Em Olhando o Sofrimento dos Outros, o seu último livro, (que surge agora numa reedição portuguesa com algumas alterações), Susan Sontag virou-se decididamente para a análise da forma como todos nós, seres humanos, observamos e reagimos à representação da dor nos nossos semelhantes. As imagens de guerra, de massacres, de torturas que nos entram pela casa dentro, tanto em suporte fotográfico ou, cada vez mais, pela televisão, serão passíveis de desencadear um tão grande choque e repúdio que se torna impossível repetir tais horrores? A própria Sontag reconhece a ingenuidade desse desejo — “Quem acredita hoje que a guerra pode ser abolida? Ninguém, nem mesmo os pacifistas” (p. 13) —, uma vez que, nesta sociedade do espectáculo, estamos todos tão profundamente anestesiados (ou enfadados) que as cenas dramáticas, de tantas vezes reproduzidas, acabam por ser descartadas como “banais”. Sontag confirma que as imagens de guerra estão sujeitas tanto à interpretação como à manipulação e que, por isso, a noção de que esse imaginário poderá ter um efeito dissuasor é ilusório. Apesar de todo o horror que perpassa perante os nossos olhos, a violência é perene e nada se pode fazer contra essa evidência. (Sontag morreu antes de assistir às decapitações em directo, devidamente ensaiadas, levadas a cabo pelo ISIS mas refere o caso do jornalista Daniel Pearl, cuja execução no Paquistão, em Fevereiro de 2001, desencadeou (mais) um fenómeno mediático.)
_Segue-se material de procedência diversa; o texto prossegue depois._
// How enclosures are held against what was published.
ghost use Rattle.std.specs.Prelude.{◌≡◌};
ghost use Rattle.plans.specs.Working.{whole};
ghost use Rattle.tables.specs.Figures.{rounded};
ghost use Rattle.tables.specs.Verdicts.{Chosen, Judges, Rests, joined, one_if_agree, same_number};

use sampling::chance::Ends;
use sampling::limit::{WHOLE, within};
use std::fmt;

// Both tables let a bad lot pass at most 5% of the time, in millionths.
pub const LIMIT: u32 = 50_000;

// In the order in which one outweighs another.
#[derive(Clone, Copy, PartialEq, Eq, PartialOrd, Ord, Debug)]
pub enum Verdict {
    Agree,
    // the enclosure has shares of either kind
    Undecided,
    Differs,
}

impl Verdict {
    // How many agreeing rows it stands for.
    pub fn agreeing(self) -> u32
        ensures { result ≡ one_if_agree self }
    {
        u32::from(self == Verdict::Agree)
    }

    // What is said of two things asked of one row.
    pub fn and(self, second: Verdict) -> Verdict
        ensures { result ≡ joined self second }
    {
        self.max(second)
    }
}

impl fmt::Display for Verdict {
    fn fmt<W: fmt::Write>(&self, f: &mut fmt::Formatter<W>) -> fmt::Result {
        match self {
            Verdict::Agree => write!(f, "agree"),
            Verdict::Differs => write!(f, "differs"),
            Verdict::Undecided => write!(f, "undecided"),
        }
    }
}

// Units in parts of 1 / scale, rounded half up. In 128 bits, where no product wraps.
pub fn figure(scale: u32, units: u64) -> u128
    ensures { result ≡ rounded scale units whole }
{
    (2 * units as u128 * scale as u128 + WHOLE as u128) / (2 * WHOLE as u128)
}

// Whether what lies between the ends has the published figure.
pub fn judge(scale: u32, published: u32, ends: Ends) -> Verdict
    ensures { Judges scale published ends.lo ends.hi result }
{
    let published = published as u128;
    let low = figure(scale, ends.lo);
    let high = figure(scale, ends.hi);
    if low == published && high == published {
        Verdict::Agree
    } else if published < low || high < published {
        Verdict::Differs
    } else {
        Verdict::Undecided
    }
}

// Whether a number is the published one.
pub fn same(found: u32, published: u32) -> Verdict
    ensures { result ≡ same_number found published }
{
    if found == published {
        Verdict::Agree
    } else {
        Verdict::Differs
    }
}

// The enclosure of what is left of a whole.
pub fn rest(ends: Ends) -> Ends
    ensures { Rests ends result }
{
    Ends {
        lo: WHOLE.saturating_sub(ends.hi),
        hi: WHOLE.saturating_sub(ends.lo),
    }
}

// Whether an accept number is the greatest that keeps the limit, by the enclosures at it and at the next.
pub fn greatest(limit: u32, at: Ends, next: Ends) -> Verdict
    ensures { Chosen limit at next result }
{
    if within(limit, at.hi) && !within(limit, next.lo) {
        Verdict::Agree
    } else if !within(limit, at.lo) || within(limit, next.hi) {
        Verdict::Differs
    } else {
        Verdict::Undecided
    }
}
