// How figures and enclosures are printed.
ghost use Rattle.std.specs.Prelude.{◌≡◌, ◌<◌};
ghost use Rattle.tables.specs.Figures.{scale_of};

use crate::judging::figure;
use sampling::chance::Ends;
use std::fmt;

// How many places behind the point a table has.
#[derive(Clone, Copy, PartialEq, Eq, Debug)]
pub enum Places {
    Four,
    Nine,
}

impl Places {
    pub fn scale(self) -> u32
        ensures value { result ≡ scale_of self }
        ensures nonzero { 0 < result }
    {
        match self {
            Places::Four => 10_000,
            Places::Nine => 1_000_000_000,
        }
    }

    fn width(self) -> usize {
        match self {
            Places::Four => 4,
            Places::Nine => 9,
        }
    }
}

// A figure in parts of 1 / scale.
#[derive(Clone, Copy)]
pub struct Decimal {
    pub parts: u128,
    pub places: Places,
}

impl fmt::Display for Decimal {
    fn fmt<W: fmt::Write>(&self, f: &mut fmt::Formatter<W>) -> fmt::Result {
        let scale = self.places.scale() as u128;
        let width = self.places.width();
        let whole = self.parts / scale;
        let rest = self.parts % scale;
        write!(f, "{whole}.{rest:0width$}")
    }
}

// The figures of an enclosure: one where both ends have the same, else those of the two ends.
#[derive(Clone, Copy)]
pub struct Range {
    pub ends: Ends,
    pub places: Places,
}

impl Range {
    fn decimal(&self, units: u64) -> Decimal {
        Decimal {
            parts: figure(self.places.scale(), units),
            places: self.places,
        }
    }
}

impl fmt::Display for Range {
    fn fmt<W: fmt::Write>(&self, f: &mut fmt::Formatter<W>) -> fmt::Result {
        let low = self.decimal(self.ends.lo);
        let high = self.decimal(self.ends.hi);
        if low.parts == high.parts {
            write!(f, "{low}")
        } else {
            write!(f, "{low} to {high}")
        }
    }
}

// The two ends, in units.
#[derive(Clone, Copy)]
pub struct Units(pub Ends);

impl fmt::Display for Units {
    fn fmt<W: fmt::Write>(&self, f: &mut fmt::Formatter<W>) -> fmt::Result {
        let Ends { lo, hi } = self.0;
        write!(f, "{lo} to {hi}")
    }
}
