// The chance that a single sample passes.
ghost use Rattle.std.specs.Prelude.{IfOk};
ghost use Rattle.tables.specs.Rows.{EnclosedSingle};

use crate::refusal::Refusal;
use draws::rule::DrawRule;
use plans::plan::make::make;
use sampling::chance::{CELLS, Ends, chance};

// The enclosure of the chance that a sample of `size` items has at most `accept` bad ones.
pub fn enclose<R: DrawRule>(
    rule: &R,
    population: u32,
    bad: u32,
    size: u32,
    accept: u32,
) -> Result<Ends, Refusal>
    ensures { IfOk result (λ ends. EnclosedSingle (R.DrawRule.meaning rule.now) population bad size accept ends) }
{
    let plan = make(size, accept, accept.saturating_add(1), 0, accept)?;
    let mut low = [0; CELLS];
    let mut high = [0; CELLS];
    Ok(chance(rule, population, bad, plan, &mut low, &mut high)?)
}
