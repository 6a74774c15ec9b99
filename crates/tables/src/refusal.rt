// Why a row could not be worked out.
use plans::fault::{ChanceFault, PlanFault};
use std::error::Error;
use std::fmt;

#[derive(Clone, Copy, Debug)]
pub struct Refusal(PlanFault);

impl From<PlanFault> for Refusal {
    fn from(fault: PlanFault) -> Refusal {
        Refusal(fault)
    }
}

impl From<ChanceFault> for Refusal {
    fn from(fault: ChanceFault) -> Refusal {
        Refusal(PlanFault::Chance(fault))
    }
}

impl fmt::Display for Refusal {
    fn fmt<W: fmt::Write>(&self, f: &mut fmt::Formatter<W>) -> fmt::Result {
        let fault = self.0;
        write!(f, "a row is refused: {fault}")
    }
}

impl Error for Refusal {}
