// The table of smallest samples that accept no bad item, worked out.
ghost use Rattle.std.specs.Prelude.{IfOk};
ghost use Rattle.tables.specs.Rows.{SampleWorked};

use crate::judging::{LIMIT, Verdict, judge, rest, same};
use crate::places::{Decimal, Places, Range, Units};
use crate::published::SampleRow;
use crate::refusal::Refusal;
use crate::single::enclose;
use draws::rule::WithoutReplacement;
use sampling::chance::{CELLS, Ends};
use sampling::smallest::smallest;
use std::fmt;

const POPULATION: u32 = 1066;

const PLACES: Places = Places::Nine;

// A row with the sample found, the enclosure of the chance to pass at the published sample, and what they say of the row.
#[derive(Clone, Copy)]
pub struct WorkedSample {
    row: SampleRow,
    sample: u32,
    passing: Ends,
    pub verdict: Verdict,
}

// Looks for the smallest sample, and holds the row against it and against the confidence.
pub fn work_sample(row: SampleRow) -> Result<WorkedSample, Refusal>
    ensures { IfOk result (λ worked. SampleWorked row worked) }
{
    let rule = WithoutReplacement;
    let mut low = [0; CELLS];
    let mut high = [0; CELLS];
    let sample = smallest(&rule, POPULATION, row.bad, LIMIT, 0, &mut low, &mut high)?;
    let passing = enclose(&rule, POPULATION, row.bad, row.sample, 0)?;
    let confidence = judge(PLACES.scale(), row.confidence, rest(passing));
    Ok(WorkedSample {
        row,
        sample,
        passing,
        verdict: same(sample, row.sample).and(confidence),
    })
}

impl fmt::Display for WorkedSample {
    fn fmt<W: fmt::Write>(&self, f: &mut fmt::Formatter<W>) -> fmt::Result {
        let SampleRow {
            bad,
            sample,
            confidence,
        } = self.row;
        let found = self.sample;
        let published = Decimal {
            parts: confidence as u128,
            places: PLACES,
        };
        let ours = Range {
            ends: rest(self.passing),
            places: PLACES,
        };
        let passing = Units(self.passing);
        let verdict = self.verdict;
        write!(f, "{bad} bad: sample {sample}, ours {found}; ")?;
        write!(f, "confidence {published}, ours {ours}; ")?;
        write!(f, "chance {passing}: {verdict}")
    }
}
Para levar a cabo a sua argumentação, Sontag recupera, ainda, uma leitura histórica da representação da dor alheia. Considerando a imagem do sofrimento como circunstância exemplar, a filósofa oferece exemplos concretos e analisa-os, desde a pintura de Ticiano que mostra o esfolamento do sátiro Mársias (1570-1575), uma representação mitológica mas horrivelmente real, passando pelos martírios dos santos (um incentivo ao sacrifício) e culminando nas gravuras de Goya Os Desastres da Guerra (1810-1815), que têm já uma dimensão diferente, documental, uma vez que foram acontecimentos que o pintor presenciou durante as invasões francesas. Sontag refere ainda a importância de uma obra como Os Três Guinéus, de Virgínia Woolf uma reflexão que é também uma resposta às fotografias da Guerra Civil de Espanha que foram dadas a ver à escritora, com um pedido de comentário — e o cinema de Abel Gance que, em J’accuse!, (1919) mostra rostos desfigurados — “les gueules cassées” — de soldados da Grande Guerra. Quanto aos primeiros registos fotográficos em campos de batalha — Guerra da Crimeia, Guerra da Secessão —, Sontag recorda que eram quase todas encenadas, uma vez que as câmaras eram pesadas e tinham de estar fixas e os modelos imóveis. 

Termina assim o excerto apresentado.